## Data in this exercise
=== Section Start ===

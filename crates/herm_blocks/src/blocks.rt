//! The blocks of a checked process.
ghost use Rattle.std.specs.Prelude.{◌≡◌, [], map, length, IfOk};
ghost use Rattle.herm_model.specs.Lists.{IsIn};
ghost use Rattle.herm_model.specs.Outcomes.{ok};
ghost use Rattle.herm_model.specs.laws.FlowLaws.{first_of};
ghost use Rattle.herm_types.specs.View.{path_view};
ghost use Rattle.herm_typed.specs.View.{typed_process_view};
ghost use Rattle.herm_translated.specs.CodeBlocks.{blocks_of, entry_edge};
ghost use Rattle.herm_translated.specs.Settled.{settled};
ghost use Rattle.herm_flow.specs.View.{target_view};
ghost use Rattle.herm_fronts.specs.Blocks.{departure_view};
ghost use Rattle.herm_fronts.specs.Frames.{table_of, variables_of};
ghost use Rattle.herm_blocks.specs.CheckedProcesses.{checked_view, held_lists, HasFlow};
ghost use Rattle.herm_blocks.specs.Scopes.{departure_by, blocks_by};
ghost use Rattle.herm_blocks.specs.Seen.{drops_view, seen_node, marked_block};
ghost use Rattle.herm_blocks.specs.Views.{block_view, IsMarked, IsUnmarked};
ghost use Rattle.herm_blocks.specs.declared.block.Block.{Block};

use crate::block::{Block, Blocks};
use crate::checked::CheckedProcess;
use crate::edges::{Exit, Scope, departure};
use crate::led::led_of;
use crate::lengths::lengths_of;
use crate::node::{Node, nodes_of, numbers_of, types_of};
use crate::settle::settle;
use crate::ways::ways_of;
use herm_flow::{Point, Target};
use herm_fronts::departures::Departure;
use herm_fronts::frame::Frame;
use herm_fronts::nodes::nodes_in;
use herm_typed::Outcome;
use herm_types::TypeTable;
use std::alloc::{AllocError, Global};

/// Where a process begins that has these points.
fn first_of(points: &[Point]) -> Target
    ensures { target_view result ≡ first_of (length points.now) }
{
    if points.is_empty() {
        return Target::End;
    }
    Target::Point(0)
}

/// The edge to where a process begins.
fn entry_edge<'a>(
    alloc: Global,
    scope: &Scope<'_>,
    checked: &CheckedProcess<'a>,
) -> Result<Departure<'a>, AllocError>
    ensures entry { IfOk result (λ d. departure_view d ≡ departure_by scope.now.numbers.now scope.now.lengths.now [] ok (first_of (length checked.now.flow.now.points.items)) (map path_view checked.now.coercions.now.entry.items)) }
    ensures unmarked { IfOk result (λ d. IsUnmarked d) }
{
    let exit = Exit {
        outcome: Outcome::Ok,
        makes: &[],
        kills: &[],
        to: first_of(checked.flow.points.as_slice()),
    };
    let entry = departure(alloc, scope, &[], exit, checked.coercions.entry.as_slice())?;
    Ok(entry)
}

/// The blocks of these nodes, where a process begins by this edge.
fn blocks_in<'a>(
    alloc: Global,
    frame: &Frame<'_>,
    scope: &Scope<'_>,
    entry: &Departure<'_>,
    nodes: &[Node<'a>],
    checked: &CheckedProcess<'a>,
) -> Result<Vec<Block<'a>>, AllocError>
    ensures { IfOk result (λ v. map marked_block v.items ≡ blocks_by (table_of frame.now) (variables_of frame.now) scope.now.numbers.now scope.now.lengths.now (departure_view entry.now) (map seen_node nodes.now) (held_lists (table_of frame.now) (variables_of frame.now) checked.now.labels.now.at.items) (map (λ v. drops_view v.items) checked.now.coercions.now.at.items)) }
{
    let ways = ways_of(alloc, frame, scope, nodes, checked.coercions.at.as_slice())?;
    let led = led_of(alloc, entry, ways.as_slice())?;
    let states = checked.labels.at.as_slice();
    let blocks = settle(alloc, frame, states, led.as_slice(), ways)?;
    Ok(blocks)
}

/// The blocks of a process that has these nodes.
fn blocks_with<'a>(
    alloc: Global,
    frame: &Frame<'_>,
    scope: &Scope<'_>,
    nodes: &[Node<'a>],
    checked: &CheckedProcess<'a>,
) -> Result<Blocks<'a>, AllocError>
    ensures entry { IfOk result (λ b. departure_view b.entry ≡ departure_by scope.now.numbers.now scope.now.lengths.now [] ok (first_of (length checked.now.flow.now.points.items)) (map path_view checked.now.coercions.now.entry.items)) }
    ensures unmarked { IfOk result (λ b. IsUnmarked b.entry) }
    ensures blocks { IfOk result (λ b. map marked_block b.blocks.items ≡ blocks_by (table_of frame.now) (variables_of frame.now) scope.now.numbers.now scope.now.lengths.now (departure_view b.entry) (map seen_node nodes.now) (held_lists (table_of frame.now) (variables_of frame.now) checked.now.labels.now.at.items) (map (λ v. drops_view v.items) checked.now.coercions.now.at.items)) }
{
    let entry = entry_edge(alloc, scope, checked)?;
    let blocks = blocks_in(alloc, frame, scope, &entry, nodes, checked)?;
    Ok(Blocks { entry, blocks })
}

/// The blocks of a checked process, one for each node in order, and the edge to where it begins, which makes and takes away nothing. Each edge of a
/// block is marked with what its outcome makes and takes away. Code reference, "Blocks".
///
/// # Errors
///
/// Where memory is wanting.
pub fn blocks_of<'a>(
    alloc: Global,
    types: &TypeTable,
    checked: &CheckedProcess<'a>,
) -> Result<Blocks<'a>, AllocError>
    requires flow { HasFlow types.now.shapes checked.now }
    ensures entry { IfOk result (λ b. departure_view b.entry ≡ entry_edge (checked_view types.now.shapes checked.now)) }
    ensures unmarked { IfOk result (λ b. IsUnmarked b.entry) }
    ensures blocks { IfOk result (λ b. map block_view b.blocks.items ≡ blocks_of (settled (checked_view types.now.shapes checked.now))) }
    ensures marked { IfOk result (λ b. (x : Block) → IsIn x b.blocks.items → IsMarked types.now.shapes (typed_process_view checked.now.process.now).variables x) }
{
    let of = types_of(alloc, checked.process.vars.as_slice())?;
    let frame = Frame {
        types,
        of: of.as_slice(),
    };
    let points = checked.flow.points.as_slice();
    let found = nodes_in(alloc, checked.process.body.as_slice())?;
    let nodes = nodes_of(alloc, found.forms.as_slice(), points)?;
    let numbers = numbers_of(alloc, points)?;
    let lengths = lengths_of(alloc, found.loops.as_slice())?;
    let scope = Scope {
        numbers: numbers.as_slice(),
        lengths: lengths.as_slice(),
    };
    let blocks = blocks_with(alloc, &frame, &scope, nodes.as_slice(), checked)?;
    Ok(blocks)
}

=== Section End ===

## Your goal
Repeat each entry above exactly as it appears.

## Solution to this exercise
filename crates/herm_blocks/src/blocks.rt
//! The blocks of a checked process.
ghost use Rattle.std.specs.Prelude.{◌≡◌, [], map, length, IfOk};
ghost use Rattle.herm_model.specs.Lists.{IsIn};
ghost use Rattle.herm_model.specs.Outcomes.{ok};
ghost use Rattle.herm_model.specs.laws.FlowLaws.{first_of};
ghost use Rattle.herm_types.specs.View.{path_view};
ghost use Rattle.herm_typed.specs.View.{typed_process_view};
ghost use Rattle.herm_translated.specs.CodeBlocks.{blocks_of, entry_edge};
ghost use Rattle.herm_translated.specs.Settled.{settled};
ghost use Rattle.herm_flow.specs.View.{target_view};
ghost use Rattle.herm_fronts.specs.Blocks.{departure_view};
ghost use Rattle.herm_fronts.specs.Frames.{table_of, variables_of};
ghost use Rattle.herm_blocks.specs.CheckedProcesses.{checked_view, held_lists, HasFlow};
ghost use Rattle.herm_blocks.specs.Scopes.{departure_by, blocks_by};
ghost use Rattle.herm_blocks.specs.Seen.{drops_view, seen_node, marked_block};
ghost use Rattle.herm_blocks.specs.Views.{block_view, IsMarked, IsUnmarked};
ghost use Rattle.herm_blocks.specs.declared.block.Block.{Block};

use crate::block::{Block, Blocks};
use crate::checked::CheckedProcess;
use crate::edges::{Exit, Scope, departure};
use crate::led::led_of;
use crate::lengths::lengths_of;
use crate::node::{Node, nodes_of, numbers_of, types_of};
use crate::settle::settle;
use crate::ways::ways_of;
use herm_flow::{Point, Target};
use herm_fronts::departures::Departure;
use herm_fronts::frame::Frame;
use herm_fronts::nodes::nodes_in;
use herm_typed::Outcome;
use herm_types::TypeTable;
use std::alloc::{AllocError, Global};

/// Where a process begins that has these points.
fn first_of(points: &[Point]) -> Target
    ensures { target_view result ≡ first_of (length points.now) }
{
    if points.is_empty() {
        return Target::End;
    }
    Target::Point(0)
}

/// The edge to where a process begins.
fn entry_edge<'a>(
    alloc: Global,
    scope: &Scope<'_>,
    checked: &CheckedProcess<'a>,
) -> Result<Departure<'a>, AllocError>
    ensures entry { IfOk result (λ d. departure_view d ≡ departure_by scope.now.numbers.now scope.now.lengths.now [] ok (first_of (length checked.now.flow.now.points.items)) (map path_view checked.now.coercions.now.entry.items)) }
    ensures unmarked { IfOk result (λ d. IsUnmarked d) }
{
    let exit = Exit {
        outcome: Outcome::Ok,
        makes: &[],
        kills: &[],
        to: first_of(checked.flow.points.as_slice()),
    };
    let entry = departure(alloc, scope, &[], exit, checked.coercions.entry.as_slice())?;
    Ok(entry)
}

/// The blocks of these nodes, where a process begins by this edge.
fn blocks_in<'a>(
    alloc: Global,
    frame: &Frame<'_>,
    scope: &Scope<'_>,
    entry: &Departure<'_>,
    nodes: &[Node<'a>],
    checked: &CheckedProcess<'a>,
) -> Result<Vec<Block<'a>>, AllocError>
    ensures { IfOk result (λ v. map marked_block v.items ≡ blocks_by (table_of frame.now) (variables_of frame.now) scope.now.numbers.now scope.now.lengths.now (departure_view entry.now) (map seen_node nodes.now) (held_lists (table_of frame.now) (variables_of frame.now) checked.now.labels.now.at.items) (map (λ v. drops_view v.items) checked.now.coercions.now.at.items)) }
{
    let ways = ways_of(alloc, frame, scope, nodes, checked.coercions.at.as_slice())?;
    let led = led_of(alloc, entry, ways.as_slice())?;
    let states = checked.labels.at.as_slice();
    let blocks = settle(alloc, frame, states, led.as_slice(), ways)?;
    Ok(blocks)
}

/// The blocks of a process that has these nodes.
fn blocks_with<'a>(
    alloc: Global,
    frame: &Frame<'_>,
    scope: &Scope<'_>,
    nodes: &[Node<'a>],
    checked: &CheckedProcess<'a>,
) -> Result<Blocks<'a>, AllocError>
    ensures entry { IfOk result (λ b. departure_view b.entry ≡ departure_by scope.now.numbers.now scope.now.lengths.now [] ok (first_of (length checked.now.flow.now.points.items)) (map path_view checked.now.coercions.now.entry.items)) }
    ensures unmarked { IfOk result (λ b. IsUnmarked b.entry) }
    ensures blocks { IfOk result (λ b. map marked_block b.blocks.items ≡ blocks_by (table_of frame.now) (variables_of frame.now) scope.now.numbers.now scope.now.lengths.now (departure_view b.entry) (map seen_node nodes.now) (held_lists (table_of frame.now) (variables_of frame.now) checked.now.labels.now.at.items) (map (λ v. drops_view v.items) checked.now.coercions.now.at.items)) }
{
    let entry = entry_edge(alloc, scope, checked)?;
    let blocks = blocks_in(alloc, frame, scope, &entry, nodes, checked)?;
    Ok(Blocks { entry, blocks })
}

/// The blocks of a checked process, one for each node in order, and the edge to where it begins, which makes and takes away nothing. Each edge of a
/// block is marked with what its outcome makes and takes away. Code reference, "Blocks".
///
/// # Errors
///
/// Where memory is wanting.
pub fn blocks_of<'a>(
    alloc: Global,
    types: &TypeTable,
    checked: &CheckedProcess<'a>,
) -> Result<Blocks<'a>, AllocError>
    requires flow { HasFlow types.now.shapes checked.now }
    ensures entry { IfOk result (λ b. departure_view b.entry ≡ entry_edge (checked_view types.now.shapes checked.now)) }
    ensures unmarked { IfOk result (λ b. IsUnmarked b.entry) }
    ensures blocks { IfOk result (λ b. map block_view b.blocks.items ≡ blocks_of (settled (checked_view types.now.shapes checked.now))) }
    ensures marked { IfOk result (λ b. (x : Block) → IsIn x b.blocks.items → IsMarked types.now.shapes (typed_process_view checked.now.process.now).variables x) }
{
    let of = types_of(alloc, checked.process.vars.as_slice())?;
    let frame = Frame {
        types,
        of: of.as_slice(),
    };
    let points = checked.flow.points.as_slice();
    let found = nodes_in(alloc, checked.process.body.as_slice())?;
    let nodes = nodes_of(alloc, found.forms.as_slice(), points)?;
    let numbers = numbers_of(alloc, points)?;
    let lengths = lengths_of(alloc, found.loops.as_slice())?;
    let scope = Scope {
        numbers: numbers.as_slice(),
        lengths: lengths.as_slice(),
    };
    let blocks = blocks_with(alloc, &frame, &scope, nodes.as_slice(), checked)?;
    Ok(blocks)
}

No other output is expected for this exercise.